Here is another example visualizing a vector flow field. Eventually I would like to be able to superimpose such elements on a map – but that appears to not yet be possible in SPSS.

set seed = 10.
input program.
loop #i = 0 to 10.
loop #j = 0 to 10.
compute X = #i.
compute Y = #j.
*compute or_deg = RV.UNIFORM(0,360).
end case.
end loop.
end loop.
end file.
end input program.
dataset name sim.
execute.

*making orientation vary directly with X & Y attributes.

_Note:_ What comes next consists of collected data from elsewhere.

//! Laws about each run.

ghost use Rattle.bpf_semantics.specs.Program.{ShapedProgram};
ghost use Rattle.bpf_semantics.specs.State.{State};
ghost use Rattle.bpf_semantics.specs.Run.{HasOneEnd, EndsOrTraps};

/// Law: on given replies a run has one list of events, one choice and one count, and a run that
/// ends doesn't trap.
pub fn one_end()
    ensures same { (p : ShapedProgram) (s : State) → HasOneEnd p s }
    ensures no_trap { (p : ShapedProgram) (s : State) → EndsOrTraps p s }
{}
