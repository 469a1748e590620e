// A fragment of a template, as it is told in a module.
ghost use Rattle.std.specs.Prelude.{◌<◌};

// A placeholder, by its place in the pattern, and whether it is the receiver of a method call.
#[derive(Clone, Copy)]
pub struct Hole {
    pub slot: u8,
    pub is_receiver: bool,
    pub ghost low: { slot < 8 },
}

// Bytes, or a placeholder.
#[derive(Clone, Copy)]
pub enum Fragment<'a> {
    Fixed(&'a [u8]),
    Captured(Hole),
}
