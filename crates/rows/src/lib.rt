// A job's matches as they are rendered: the rows, the fragments of their templates, and how far each text has come.
#![tactic(auto)]

pub mod told; // told.rt: a fragment of a template
pub mod matches; // matches.rt: the rows
pub mod frames; // frames.rt: how far each text has come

compute or_deg = 18*X + 18*Y.

*now to make the edge I would figure out the X & Y coordinate with alittle distance added (lets say .01) based on the orientation.
COMPUTE #pi=4*ARTAN(1).
compute or_rad = (or_deg/180)*#pi.
compute distance = .7.
execute.

compute X2 = X + sin(or_rad)*distance.
compute Y2 = Y + cos(or_rad)*distance.
execute.

DATASET ACTIVATE sim.
* Chart Builder.
GGRAPH
  /GRAPHDATASET NAME="graphdataset" VARIABLES=X Y X2 Y2 or_deg MISSING=LISTWISE REPORTMISSING=NO
  /GRAPHSPEC SOURCE=INLINE.
BEGIN GPL
  SOURCE: s=userSource(id("graphdataset"))
  DATA: X=col(source(s), name("X"))
  DATA: Y=col(source(s), name("Y"))
  DATA: X2=col(source(s), name("X2"))
  DATA: Y2=col(source(s), name("Y2"))
  DATA: or_deg=col(source(s), name("or_deg"))
  GUIDE: axis(dim(1), label("X"))
  GUIDE: axis(dim(2), label("Y"))
  ELEMENT: edge(position((X*Y)+(X2*Y2)), shape(shape.arrow))
END GPL.

You can then use other aesthetics in these charts same as usual (color, size, transparency, etc.)